[Saved data entries]
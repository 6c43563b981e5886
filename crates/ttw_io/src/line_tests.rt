//! Lines of files that are read in pieces of any sizes.

use super::*;
use std::alloc::{AllocError, Global};
use std::test::Fail;

/// The sizes of pieces in which the files of these tests are read.
const PIECES: [usize; 4] = [1, 2, 7, 65536];

/// Files of which one read gives at most so many bytes.
#[derive(Drop)]
struct Pieces {
    files: MemFiles,
    piece: usize,
}

impl Files for Pieces {
    ghost use Rattle.ttw_io.specs.Outside.{untold};

    ghost contents = { λ _ _. untold };

    ghost faults = { λ p. p.files.faults };

    fn read_at(&mut self, name: &str, at: u64, into: &mut [u8]) -> Result<usize, Failed> {
        let room = into.len().min(self.piece);
        self.files.read_at(name, at, &mut into[..room])
    }
}

/// The next line of the file.
fn next<'a>(reader: &'a mut LineReader, files: &mut Pieces) -> Result<Option<&'a [u8]>, LineEnd> {
    if reader.handed() > 1_000_000 {
        return Err(LineEnd::Failed);
    }
    reader.next_line(files, "plan")
}

/// One file with these bytes, read in pieces, where the reads of these numbers fail.
fn pieces_of(
    alloc: Global,
    bytes: &[u8],
    piece: usize,
    fail: Vec<u64>,
) -> Result<Pieces, AllocError> {
    let mut list = Vec::new(alloc);
    list.push((
        String::from_str(alloc, "plan")?,
        Vec::from_slice(alloc, bytes)?,
    ))?;
    Ok(Pieces {
        files: MemFiles::make(list, fail),
        piece,
    })
}

/// A text of so many bytes `x` and then a line feed.
fn long_line(alloc: Global, len: usize) -> Result<Vec<u8>, AllocError> {
    let mut text = vec![in alloc; b'x'; len]?;
    text.push(b'\n')?;
    Ok(text)
}

#[test]
fn lines_over_pieces(rt: HostRuntime) -> Result<(), Fail> {
    for piece in PIECES {
        let text = b"ab\n\nlonger \n\nlast";
        let mut files = pieces_of(rt.alloc(), text, piece, Vec::new(rt.alloc()))?;
        let mut reader = LineReader::make(rt.alloc(), 7)?;
        for line in [b"ab\n".as_slice(), b"\n", b"longer \n", b"\n", b"last"] {
            assert_eq!(rt; next(&mut reader, &mut files), Ok(Some(line)));
        }
        assert_eq!(rt; next(&mut reader, &mut files), Ok(None));
        assert_eq!(rt; next(&mut reader, &mut files), Ok(None), "again");
    }
    Ok(())
}

#[test]
fn last_line_feed(rt: HostRuntime) -> Result<(), Fail> {
    for piece in PIECES {
        let mut files = pieces_of(rt.alloc(), b"end\n", piece, Vec::new(rt.alloc()))?;
        let mut reader = LineReader::make(rt.alloc(), 3)?;
        assert_eq!(rt;
            next(&mut reader, &mut files),
            Ok(Some(b"end\n".as_slice()))
        );
        assert_eq!(rt; next(&mut reader, &mut files), Ok(None));
        let mut files = pieces_of(rt.alloc(), b"end", piece, Vec::new(rt.alloc()))?;
        let mut reader = LineReader::make(rt.alloc(), 3)?;
        assert_eq!(rt; next(&mut reader, &mut files), Ok(Some(b"end".as_slice())));
        assert_eq!(rt; next(&mut reader, &mut files), Ok(None));
        let mut files = pieces_of(rt.alloc(), b"", piece, Vec::new(rt.alloc()))?;
        let mut reader = LineReader::make(rt.alloc(), 0)?;
        assert_eq!(rt; next(&mut reader, &mut files), Ok(None), "an empty file");
    }
    Ok(())
}

#[test]
fn longest_line(rt: HostRuntime) -> Result<(), Fail> {
    for piece in PIECES {
        let mut text = long_line(rt.alloc(), 4096)?;
        text.extend_from_slice(b"x\n")?;
        text.extend_from_slice(long_line(rt.alloc(), 4097)?.as_slice())?;
        text.extend_from_slice(b"x\n")?;
        let mut files = pieces_of(rt.alloc(), text.as_slice(), piece, Vec::new(rt.alloc()))?;
        let mut reader = LineReader::make(rt.alloc(), 4096)?;
        assert!(rt; next(&mut reader, &mut files)?.is_some());
        assert_eq!(rt; reader.line().len(), 4097, "with its line feed");
        assert!(rt; next(&mut reader, &mut files)?.is_some());
        assert_eq!(rt; reader.line(), b"x\n".as_slice());
        assert_eq!(rt; next(&mut reader, &mut files), Err(LineEnd::Long));
        assert_eq!(rt; next(&mut reader, &mut files), Err(LineEnd::Long), "again");
    }
    Ok(())
}

#[test]
fn long_last_line(rt: HostRuntime) -> Result<(), Fail> {
    for piece in PIECES {
        let mut files = pieces_of(rt.alloc(), b"four", piece, Vec::new(rt.alloc()))?;
        let mut reader = LineReader::make(rt.alloc(), 4)?;
        assert_eq!(rt; next(&mut reader, &mut files), Ok(Some(b"four".as_slice())));
        let mut reader = LineReader::make(rt.alloc(), 3)?;
        assert_eq!(rt; next(&mut reader, &mut files), Err(LineEnd::Long));
    }
    Ok(())
}

#[test]
fn many_lines(rt: HostRuntime) -> Result<(), Fail> {
    let mut text = Vec::new(rt.alloc());
    for number in 0..20000 {
        let line = format!(in rt.alloc(); "line {number}\n")?;
        text.extend_from_slice(line.as_bytes())?;
    }
    let mut files = pieces_of(rt.alloc(), text.as_slice(), 65536, Vec::new(rt.alloc()))?;
    let mut reader = LineReader::make(rt.alloc(), 10)?;
    for number in 0..20000 {
        let line = format!(in rt.alloc(); "line {number}\n")?;
        assert_eq!(rt; next(&mut reader, &mut files), Ok(Some(line.as_bytes())));
    }
    assert_eq!(rt; next(&mut reader, &mut files), Ok(None));
    Ok(())
}

#[test]
fn failing_read_comes_after_its_lines(rt: HostRuntime) -> Result<(), Fail> {
    // The text has five bytes, so that the sixth read finds the end.
    for call in 1..=7 {
        let fail = vec![in rt.alloc(); call]?;
        let mut files = pieces_of(rt.alloc(), b"a\nb\nc", 1, fail)?;
        let mut reader = LineReader::make(rt.alloc(), 8)?;
        for (line, whole_by) in [(b"a\n".as_slice(), 2), (b"b\n", 4), (b"c", 6)] {
            let answer = next(&mut reader, &mut files);
            if whole_by < call {
                assert_eq!(rt; answer, Ok(Some(line)), "read {call} fails");
            } else {
                assert_eq!(rt; answer, Err(LineEnd::Failed), "read {call} fails");
            }
        }
        assert!(rt; next(&mut reader, &mut files).is_err() == (call < 7));
    }
    Ok(())
}

#[test]
fn missing_file(rt: HostRuntime) -> Result<(), Fail> {
    let files = MemFiles::make(Vec::new(rt.alloc()), Vec::new(rt.alloc()));
    let mut files = Pieces { files, piece: 8 };
    let mut reader = LineReader::make(rt.alloc(), 8)?;
    assert_eq!(rt; next(&mut reader, &mut files), Err(LineEnd::Failed));
    assert_eq!(rt;
        next(&mut reader, &mut files),
        Err(LineEnd::Failed),
        "again"
    );
    Ok(())
}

■ **To do**
Retype the entries precisely as they stand.

■ **Response to the exercise**
repository 6c43563b981e5886
filename crates/ttw_io/src/line_tests.rt
//! Lines of files that are read in pieces of any sizes.

use super::*;
use std::alloc::{AllocError, Global};
use std::test::Fail;

/// The sizes of pieces in which the files of these tests are read.
const PIECES: [usize; 4] = [1, 2, 7, 65536];

/// Files of which one read gives at most so many bytes.
#[derive(Drop)]
struct Pieces {
    files: MemFiles,
    piece: usize,
}

impl Files for Pieces {
    ghost use Rattle.ttw_io.specs.Outside.{untold};

    ghost contents = { λ _ _. untold };

    ghost faults = { λ p. p.files.faults };

    fn read_at(&mut self, name: &str, at: u64, into: &mut [u8]) -> Result<usize, Failed> {
        let room = into.len().min(self.piece);
        self.files.read_at(name, at, &mut into[..room])
    }
}

/// The next line of the file.
fn next<'a>(reader: &'a mut LineReader, files: &mut Pieces) -> Result<Option<&'a [u8]>, LineEnd> {
    if reader.handed() > 1_000_000 {
        return Err(LineEnd::Failed);
    }
    reader.next_line(files, "plan")
}

/// One file with these bytes, read in pieces, where the reads of these numbers fail.
fn pieces_of(
    alloc: Global,
    bytes: &[u8],
    piece: usize,
    fail: Vec<u64>,
) -> Result<Pieces, AllocError> {
    let mut list = Vec::new(alloc);
    list.push((
        String::from_str(alloc, "plan")?,
        Vec::from_slice(alloc, bytes)?,
    ))?;
    Ok(Pieces {
        files: MemFiles::make(list, fail),
        piece,
    })
}

/// A text of so many bytes `x` and then a line feed.
fn long_line(alloc: Global, len: usize) -> Result<Vec<u8>, AllocError> {
    let mut text = vec![in alloc; b'x'; len]?;
    text.push(b'\n')?;
    Ok(text)
}

#[test]
fn lines_over_pieces(rt: HostRuntime) -> Result<(), Fail> {
    for piece in PIECES {
        let text = b"ab\n\nlonger \n\nlast";
        let mut files = pieces_of(rt.alloc(), text, piece, Vec::new(rt.alloc()))?;
        let mut reader = LineReader::make(rt.alloc(), 7)?;
        for line in [b"ab\n".as_slice(), b"\n", b"longer \n", b"\n", b"last"] {
            assert_eq!(rt; next(&mut reader, &mut files), Ok(Some(line)));
        }
        assert_eq!(rt; next(&mut reader, &mut files), Ok(None));
        assert_eq!(rt; next(&mut reader, &mut files), Ok(None), "again");
    }
    Ok(())
}

#[test]
fn last_line_feed(rt: HostRuntime) -> Result<(), Fail> {
    for piece in PIECES {
        let mut files = pieces_of(rt.alloc(), b"end\n", piece, Vec::new(rt.alloc()))?;
        let mut reader = LineReader::make(rt.alloc(), 3)?;
        assert_eq!(rt;
            next(&mut reader, &mut files),
            Ok(Some(b"end\n".as_slice()))
        );
        assert_eq!(rt; next(&mut reader, &mut files), Ok(None));
        let mut files = pieces_of(rt.alloc(), b"end", piece, Vec::new(rt.alloc()))?;
        let mut reader = LineReader::make(rt.alloc(), 3)?;
        assert_eq!(rt; next(&mut reader, &mut files), Ok(Some(b"end".as_slice())));
        assert_eq!(rt; next(&mut reader, &mut files), Ok(None));
        let mut files = pieces_of(rt.alloc(), b"", piece, Vec::new(rt.alloc()))?;
        let mut reader = LineReader::make(rt.alloc(), 0)?;
        assert_eq!(rt; next(&mut reader, &mut files), Ok(None), "an empty file");
    }
    Ok(())
}

#[test]
fn longest_line(rt: HostRuntime) -> Result<(), Fail> {
    for piece in PIECES {
        let mut text = long_line(rt.alloc(), 4096)?;
        text.extend_from_slice(b"x\n")?;
        text.extend_from_slice(long_line(rt.alloc(), 4097)?.as_slice())?;
        text.extend_from_slice(b"x\n")?;
        let mut files = pieces_of(rt.alloc(), text.as_slice(), piece, Vec::new(rt.alloc()))?;
        let mut reader = LineReader::make(rt.alloc(), 4096)?;
        assert!(rt; next(&mut reader, &mut files)?.is_some());
        assert_eq!(rt; reader.line().len(), 4097, "with its line feed");
        assert!(rt; next(&mut reader, &mut files)?.is_some());
        assert_eq!(rt; reader.line(), b"x\n".as_slice());
        assert_eq!(rt; next(&mut reader, &mut files), Err(LineEnd::Long));
        assert_eq!(rt; next(&mut reader, &mut files), Err(LineEnd::Long), "again");
    }
    Ok(())
}

#[test]
fn long_last_line(rt: HostRuntime) -> Result<(), Fail> {
    for piece in PIECES {
        let mut files = pieces_of(rt.alloc(), b"four", piece, Vec::new(rt.alloc()))?;
        let mut reader = LineReader::make(rt.alloc(), 4)?;
        assert_eq!(rt; next(&mut reader, &mut files), Ok(Some(b"four".as_slice())));
        let mut reader = LineReader::make(rt.alloc(), 3)?;
        assert_eq!(rt; next(&mut reader, &mut files), Err(LineEnd::Long));
    }
    Ok(())
}

#[test]
fn many_lines(rt: HostRuntime) -> Result<(), Fail> {
    let mut text = Vec::new(rt.alloc());
    for number in 0..20000 {
        let line = format!(in rt.alloc(); "line {number}\n")?;
        text.extend_from_slice(line.as_bytes())?;
    }
    let mut files = pieces_of(rt.alloc(), text.as_slice(), 65536, Vec::new(rt.alloc()))?;
    let mut reader = LineReader::make(rt.alloc(), 10)?;
    for number in 0..20000 {
        let line = format!(in rt.alloc(); "line {number}\n")?;
        assert_eq!(rt; next(&mut reader, &mut files), Ok(Some(line.as_bytes())));
    }
    assert_eq!(rt; next(&mut reader, &mut files), Ok(None));
    Ok(())
}

#[test]
fn failing_read_comes_after_its_lines(rt: HostRuntime) -> Result<(), Fail> {
    // The text has five bytes, so that the sixth read finds the end.
    for call in 1..=7 {
        let fail = vec![in rt.alloc(); call]?;
        let mut files = pieces_of(rt.alloc(), b"a\nb\nc", 1, fail)?;
        let mut reader = LineReader::make(rt.alloc(), 8)?;
        for (line, whole_by) in [(b"a\n".as_slice(), 2), (b"b\n", 4), (b"c", 6)] {
            let answer = next(&mut reader, &mut files);
            if whole_by < call {
                assert_eq!(rt; answer, Ok(Some(line)), "read {call} fails");
            } else {
                assert_eq!(rt; answer, Err(LineEnd::Failed), "read {call} fails");
            }
        }
        assert!(rt; next(&mut reader, &mut files).is_err() == (call < 7));
    }
    Ok(())
}

#[test]
fn missing_file(rt: HostRuntime) -> Result<(), Fail> {
    let files = MemFiles::make(Vec::new(rt.alloc()), Vec::new(rt.alloc()));
    let mut files = Pieces { files, piece: 8 };
    let mut reader = LineReader::make(rt.alloc(), 8)?;
    assert_eq!(rt; next(&mut reader, &mut files), Err(LineEnd::Failed));
    assert_eq!(rt;
        next(&mut reader, &mut files),
        Err(LineEnd::Failed),
        "again"
    );
    Ok(())
}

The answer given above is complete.